寇大彪一時無言以對,他張了張嘴,最終嘶啞地問出那個沒有答案的問題:“那我現在該怎麽辦?等著骨頭越來越歪嗎?”
母親搖著頭,眼神飄忽地回答道:“再等等看吧,現在的你總比一開始好了很多吧!至少能一翹一翹地走路吧!”
寇大彪不再爭辯,喉嚨裏堵著的那口濁氣被硬生生咽了回去,像吞下一塊冰冷的石頭。他拖著沉重又歪斜的身體,如同生鏽的機器般艱難挪回房間,重重摔倒在床上。此刻,隻有一個尖銳的念頭在他腦海中反複回響:死馬當活馬醫,隻能靠自己了!
隻要思想不滑坡,辦法總比困難多!
回想起這段行動不便的日子,他一度隻能對著天花板發呆。但如今,至少很多困擾都被他巧妙地化解了。

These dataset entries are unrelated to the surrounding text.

//! Makes one fixed value of what may differ.

ghost use Rattle.std.specs.Prelude.{◌≡◌, if◌then◌else◌, IfOk, OnOk, drop, true};
ghost use Rattle.tocmark_event.specs.Text.{text_of};
ghost use Rattle.tocmark_event.specs.View.{Start, code_view, event_view, tag_view};
ghost use Rattle.tocmark_compare.specs.Given.{given_events};
ghost use Rattle.tocmark_differences.specs.Erased.{addressed, after_event, ended, ends_lines, erased, erased_block, erased_code, erased_destination, erased_end, erased_event, erased_number, erased_tag, is_lines_end, line_ended, may_differ, texts_of, unless};
ghost use Rattle.tocmark_differences.specs.declared.erase.Within.TheVariants as within;
ghost use Rattle.tocmark_event.specs.declared.event.HeadingLevel.TheVariants as levels;
ghost use Rattle.tocmark_event.specs.declared.event.LinkType.TheVariants as link;

use crate::allowed::Allowed;
use std::alloc::{AllocError, Global};
use tocmark_event::event::{CodeBlockKind, CowStr, Event, HeadingLevel, LinkType, Tag, TagEnd};

/// What the texts of a container are.
#[derive(Clone, Copy, Debug, PartialEq, Eq)]
pub enum Within {
    /// Words that a page shows as a text.
    Prose,
    /// A code block.
    Code,
    /// Front matter.
    Metadata,
}

/// What the texts of a container are.
fn texts_of(tag: &Tag<'_>) -> Within
    ensures { result ≡ texts_of (tag_view text_of tag.now) }
{
    match tag {
        Tag::CodeBlock(_) => Within::Code,
        Tag::MetadataBlock(_) => Within::Metadata,
        _ => Within::Prose,
    }
}

/// What the texts after an event are, if those before it are these.
pub fn after_event(within: Within, event: &Event<'_>) -> Within
    ensures { result ≡ after_event within (event_view text_of event.now) }
{
    match event {
        Event::Start(tag) => texts_of(tag),
        Event::End(_) => Within::Prose,
        _ => within,
    }
}

/// Whether such texts may differ.
fn may_differ(allowed: Allowed, within: Within) -> bool
    ensures { result ≡ may_differ allowed within }
{
    match within {
        Within::Prose => allowed.text,
        Within::Code => allowed.code,
        Within::Metadata => allowed.front_matter,
    }
}

/// Empties a text that may differ.
fn erase_if(differs: bool, text: &mut CowStr<'static>)
    ensures { text_of text.new ≡ unless differs (text_of text.old) }
{
    if differs {
        *text = CowStr::Borrowed("");
    }
}

/// Makes the kind of a code block one fixed kind, as far as it may differ.
fn erase_code(allowed: Allowed, kind: &mut CodeBlockKind<'static>)
    ensures { code_view text_of kind.new ≡ erased_code allowed (code_view text_of kind.old) }
{
    match kind {
        CodeBlockKind::Indented => {
            if allowed.fences {
                *kind = CodeBlockKind::Fenced(CowStr::Borrowed(""));
            }
        }
        CodeBlockKind::Fenced(info) => erase_if(allowed.info, info),
    }
}

/// A list's first number; 1, if it may differ.
fn erased_number(allowed: Allowed, number: Option<u64>) -> Option<u64>
    ensures { result ≡ erased_number allowed number }
{
    match number {
        Some(_) if allowed.numbers => Some(1),
        _ => number,
    }
}

/// A destination as a browser takes it, whatever spells the link.
fn addressed(
    alloc: Global,
    kind: LinkType,
    destination: &str,
) -> Result<CowStr<'static>, AllocError>
    ensures { IfOk result (λ whole. text_of whole ≡ addressed kind destination.now) }
{
    let mut whole = String::new(alloc);
    if let LinkType::Email = kind {
        whole.push_str("mailto:")?;
    }
    whole.push_str(destination)?;
    Ok(CowStr::Owned(whole))
}

/// A copy of a text; an empty one, if it may differ.
fn copied_unless(
    alloc: Global,
    differs: bool,
    text: &CowStr<'static>,
) -> Result<CowStr<'static>, AllocError>
    ensures { IfOk result (λ copy. text_of copy ≡ unless differs (text_of text.now)) }
{
    if differs {
        return Ok(CowStr::Borrowed(""));
    }
    Ok(CowStr::Owned(String::from_str(alloc, text.as_ref())?))
}

/// A copy of a destination; one fixed text, as far as it may differ.
fn erased_destination(
    alloc: Global,
    allowed: Allowed,
    kind: LinkType,
    destination: &CowStr<'static>,
) -> Result<CowStr<'static>, AllocError>
    ensures { IfOk result (λ copy. text_of copy
        ≡ erased_destination allowed kind (text_of destination.now)) }
{
    if allowed.labels && !allowed.destinations {
        return addressed(alloc, kind, destination.as_ref());
    }
    copied_unless(alloc, allowed.destinations, destination)
}

/// How a link is spelled; inline, if that may differ.
fn erased_kind(allowed: Allowed, kind: LinkType) -> LinkType
    ensures { result ≡ (if allowed.labels then link.Inline else kind) }
{
    if allowed.labels {
        LinkType::Inline
    } else {
        kind
    }
}

/// A heading's level; the first, if it may differ.
fn erased_level(allowed: Allowed, level: HeadingLevel) -> HeadingLevel
    ensures { result ≡ (if allowed.levels then levels.H1 else level) }
{
    if allowed.levels {
        HeadingLevel::H1
    } else {
        level
    }
}

/// Makes what may differ of a tag one fixed value, unless it is a link or an image.
fn erase_block(allowed: Allowed, tag: &mut Tag<'static>)
    ensures { tag_view text_of tag.new ≡ erased_block allowed (tag_view text_of tag.old) }
{
    match tag {
        Tag::Heading { level, .. } => *level = erased_level(allowed, *level),
        Tag::CodeBlock(kind) => erase_code(allowed, kind),
        Tag::List(number) => *number = erased_number(allowed, *number),
        _ => {}
    }
}

/// A copy of a tag in which all that may differ is one fixed value.
fn erased_tag(
    alloc: Global,
    allowed: Allowed,
    tag: &Tag<'static>,
) -> Result<Tag<'static>, AllocError>
    ensures { IfOk result (λ copy.
        tag_view text_of copy ≡ erased_tag allowed (tag_view text_of tag.now)) }
{
    match tag {
        Tag::Link {
            link_type,
            dest_url,
            title,
            id,
        } => Ok(Tag::Link {
            link_type: erased_kind(allowed, *link_type),
            dest_url: erased_destination(alloc, allowed, *link_type, dest_url)?,
            title: copied_unless(alloc, allowed.titles, title)?,
            id: copied_unless(alloc, allowed.labels, id)?,
        }),
        Tag::Image {
            link_type,
            dest_url,
            title,
            id,
        } => Ok(Tag::Image {
            link_type: erased_kind(allowed, *link_type),
            dest_url: erased_destination(alloc, allowed, *link_type, dest_url)?,
            title: copied_unless(alloc, allowed.titles, title)?,
            id: copied_unless(alloc, allowed.labels, id)?,
        }),
        _ => {
            let mut copy: Tag<'static> = tag.copied(alloc)?;
            erase_block(allowed, &mut copy);
            Ok(copy)
        }
    }
}

fn erased_end(allowed: Allowed, end: TagEnd) -> TagEnd
    ensures { result ≡ erased_end allowed end }
{
    match end {
        TagEnd::Heading(level) => TagEnd::Heading(erased_level(allowed, level)),
        _ => end,
    }
}

/// A copy of an event in which all that may differ is one fixed value.
fn erased_event(
    alloc: Global,
    allowed: Allowed,
    within: Within,
    event: &Event<'static>,
) -> Result<Event<'static>, AllocError>
    ensures { IfOk result (λ copy. event_view text_of copy
        ≡ erased_event allowed within (event_view text_of event.now)) }
{
    let code = allowed.code;
    match event {
        Event::Start(tag) => Ok(Event::Start(erased_tag(alloc, allowed, tag)?)),
        Event::End(end) => Ok(Event::End(erased_end(allowed, *end))),
        Event::Text(text) => {
            let differs = may_differ(allowed, within);
            Ok(Event::Text(copied_unless(alloc, differs, text)?))
        }
        Event::Code(text) => Ok(Event::Code(copied_unless(alloc, code, text)?)),
        Event::InlineMath(text) => Ok(Event::InlineMath(copied_unless(alloc, code, text)?)),
        Event::DisplayMath(text) => Ok(Event::DisplayMath(copied_unless(alloc, code, text)?)),
        Event::Html(text) => Ok(Event::Html(copied_unless(alloc, allowed.html, text)?)),
        Event::InlineHtml(text) => Ok(Event::InlineHtml(copied_unless(alloc, allowed.html, text)?)),
        Event::SoftBreak if allowed.text => Ok(Event::Text(CowStr::Borrowed(""))),
        Event::HardBreak if allowed.text => Ok(Event::Text(CowStr::Borrowed(""))),
        _ => event.to_static(alloc),
    }
}

/// Adds the line feed that a text lacks at its end, unless it is empty.
fn end_line(alloc: Global, text: &mut CowStr<'static>) -> Result<(), AllocError>
    ensures { OnOk result (text_of text.new ≡ ended (text_of text.old)) }
{
    let bytes = text.as_ref().as_bytes();
    match bytes.get(bytes.len().saturating_sub(1)) {
        None | Some(b'\n') => Ok(()),
        Some(_) => {
            let mut whole = String::from_str(alloc, text.as_ref())?;
            whole.push_str("\n")?;
            *text = CowStr::Owned(whole);
            Ok(())
        }
    }
}

/// Adds the line feed that the last text of code or HTML lacks.
fn end_lines(alloc: Global, event: &mut Event<'static>) -> Result<(), AllocError>
    ensures { OnOk result (event_view text_of event.new
        ≡ line_ended true (event_view text_of event.old)) }
{
    match event {
        Event::Text(text) => end_line(alloc, text),
        Event::Html(text) => end_line(alloc, text),
        _ => Ok(()),
    }
}

/// Whether code or HTML ends.
fn is_lines_end(event: &Event<'static>) -> bool
    ensures { result ≡ is_lines_end (event_view text_of event.now) }
{
    match event {
        Event::End(TagEnd::CodeBlock) => true,
        Event::End(TagEnd::HtmlBlock) => true,
        _ => false,
    }
}

/// Whether code or HTML ends at a place.
fn ends_lines(events: &[(Event<'static>, (usize, usize))], place: usize) -> bool
    ensures { result ≡ ends_lines (given_events (drop place events.now)) }
{
    match events.get(place) {
        Some(pair) => is_lines_end(&pair.0),
        None => false,
    }
}

/// Copies of events, in which all that may differ is one fixed value, beside their bytes. It fails if memory runs out.
pub fn erased(
    alloc: Global,
    allowed: Allowed,
    events: &[(Event<'static>, (usize, usize))],
) -> Result<Vec<(Event<'static>, (usize, usize))>, AllocError>
    ensures { IfOk result (λ all.
        given_events all.items ≡ erased allowed within.Prose (given_events events.now)) }
{
    let mut all = Vec::new(alloc);
    let mut within = Within::Prose;
    let mut next = 0usize;
    for pair in events {
        next += 1;
        let mut copy = erased_event(alloc, allowed, within, &pair.0)?;
        if allowed.fences && ends_lines(events, next) {
            end_lines(alloc, &mut copy)?;
        }
        all.push((copy, pair.1))?;
        within = after_event(within, &pair.0);
    }
    Ok(all)
}
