fn link_texts<'c>(tag: &'c Tag<'static>) -> Option<LinkTexts<'c>> {
    let (destination, title, label) = match tag {
        Tag::Link {
            dest_url,
            title,
            id,
            ..
        } => (dest_url, title, id),
        Tag::Image {
            dest_url,
            title,
            id,
            ..
        } => (dest_url, title, id),
        _ => return None,
    };
    Some(LinkTexts {
        destination: destination.as_ref(),
        title: title.as_ref(),
        label: label.as_ref(),
    })
}

/// What differs between two starts, if they start the same kind of container.
fn start_change<'c>(
    old: &'c Tag<'static>,
    new: &'c Tag<'static>,
) -> Option<(Kind, &'c str, &'c str)> {
    match (old, new) {
        (Tag::Heading { level: was, .. }, Tag::Heading { level: is, .. }) => {
            Some((Kind::Level, level_text(*was), level_text(*is)))
        }
        (Tag::CodeBlock(was), Tag::CodeBlock(is)) => Some((Kind::Info, info_of(was), info_of(is))),
        (Tag::BlockQuote(was), Tag::BlockQuote(is)) => {
            Some((Kind::Structure, quote_text(*was), quote_text(*is)))
        }
        _ => {
            let (was, is) = (link_texts(old)?, link_texts(new)?);
            if was.destination != is.destination {
                return Some((Kind::Destination, was.destination, is.destination));
            }
            if was.title != is.title {
                return Some((Kind::Title, was.title, is.title));
            }
            Some((Kind::Label, was.label, is.label))
        }
    }
}

/// The words of an event that is only words, and their kind.
fn words_of<'c>(mark: &'c Mark) -> Option<(Kind, &'c str)> {
    match &mark.event {
        Event::Text(_) => {
            let kind = match mark.within {
                Within::Prose => Kind::Text,
                Within::Code => Kind::Code,
                Within::Metadata => Kind::FrontMatter,
            };
            Some((kind, mark.key.as_str()))
        }
        Event::Code(text) => Some((Kind::Code, text.as_ref())),
        Event::InlineMath(text) => Some((Kind::Code, text.as_ref())),
        Event::DisplayMath(text) => Some((Kind::Code, text.as_ref())),
        Event::Html(text) => Some((Kind::Html, text.as_ref())),
        Event::InlineHtml(text) => Some((Kind::Html, text.as_ref())),
        Event::FootnoteReference(text) => Some((Kind::Structure, text.as_ref())),
        _ => None,
    }
}

/// What differs between two marks of the same word.
#[derive(Drop)]
pub struct Change {
    /// What kind of thing it is.
    pub kind: Kind,
    /// What the old mark says.
    pub was: String,
    /// What the new mark says.
    pub is: String,
    /// How many lines after its start the thing differs.
    pub line: usize,
}

impl Change {
    /// Whether one of the texts has words more, and the other one none in their place.
    pub fn has_more(&self) -> bool {
        let (was, is) = (self.was.as_str().trim(), self.is.as_str().trim());
        match self.kind {
            Kind::Text => was.is_empty() != is.is_empty(),
            _ => false,
        }
    }
}

/// What two marks of the same word say differently, in texts of their own.
fn composed_change(
    alloc: Global,
    old: &Mark,
    new: &Mark,
) -> Result<Option<(Kind, String, String)>, AllocError> {
    match (&old.event, &new.event) {
        (Event::Start(Tag::List(was)), Event::Start(Tag::List(is))) => {
            let (was, is) = (number_text(alloc, *was)?, number_text(alloc, *is)?);
            Ok(Some((Kind::Number, was, is)))
        }
        (Event::Start(Tag::Table(was)), Event::Start(Tag::Table(is))) => {
            let (was, is) = (alignments_text(alloc, was)?, alignments_text(alloc, is)?);
            Ok(Some((Kind::Structure, was, is)))
        }
        _ => Ok(None),
    }
}

/// What two marks of the same word say differently, in texts that they have.
fn plain_change<'c>(old: &'c Mark, new: &'c Mark) -> Option<(Kind, &'c str, &'c str)> {
    match (&old.event, &new.event) {
        (Event::Start(was), Event::Start(is)) => start_change(was, is),
        (Event::TaskListMarker(was), Event::TaskListMarker(is)) => {
            Some((Kind::Structure, box_text(*was), box_text(*is)))
        }
        _ => {
            let ((_, was), (kind, is)) = (words_of(old)?, words_of(new)?);
            Some((kind, was, is))
        }
    }
}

就拿打電腦來說,床頭左手邊就是電腦桌。過去,他是坐在椅子上打電腦。可腰傷之後,哪怕隻在椅子上坐一小會兒,也會帶來難以忍受的煎熬。可他還是找到了新的方法:躺在床上側過身,將顯示器扭向自己這邊;再把鍵盤的連接線拉長,拖拽到腹部下方;鼠標則依然留在桌麵上,隻需伸長手臂就能夠到。
因為無法目視鍵盤,姿勢也全然不同,每一次按鍵都顯得格外別扭。然而經過多次嚐試,他早已適應。雖然那些需要鼠標鍵盤緊密配合的遊戲已成奢望,但看看新聞、刷刷網劇,對他來說已無障礙,至少他躺在家裏也有個打發時間的東西。
電腦屏幕上,qq好友列表幽幽地亮著。寇大彪眯起酸脹的眼睛,努力聚焦。當“頹廢的鹹魚”那個熟悉的頭像跳入視野時,他突然回憶起陸齊曾經對自己說過的一些事……不如問問別人,說不定會有辦法呢?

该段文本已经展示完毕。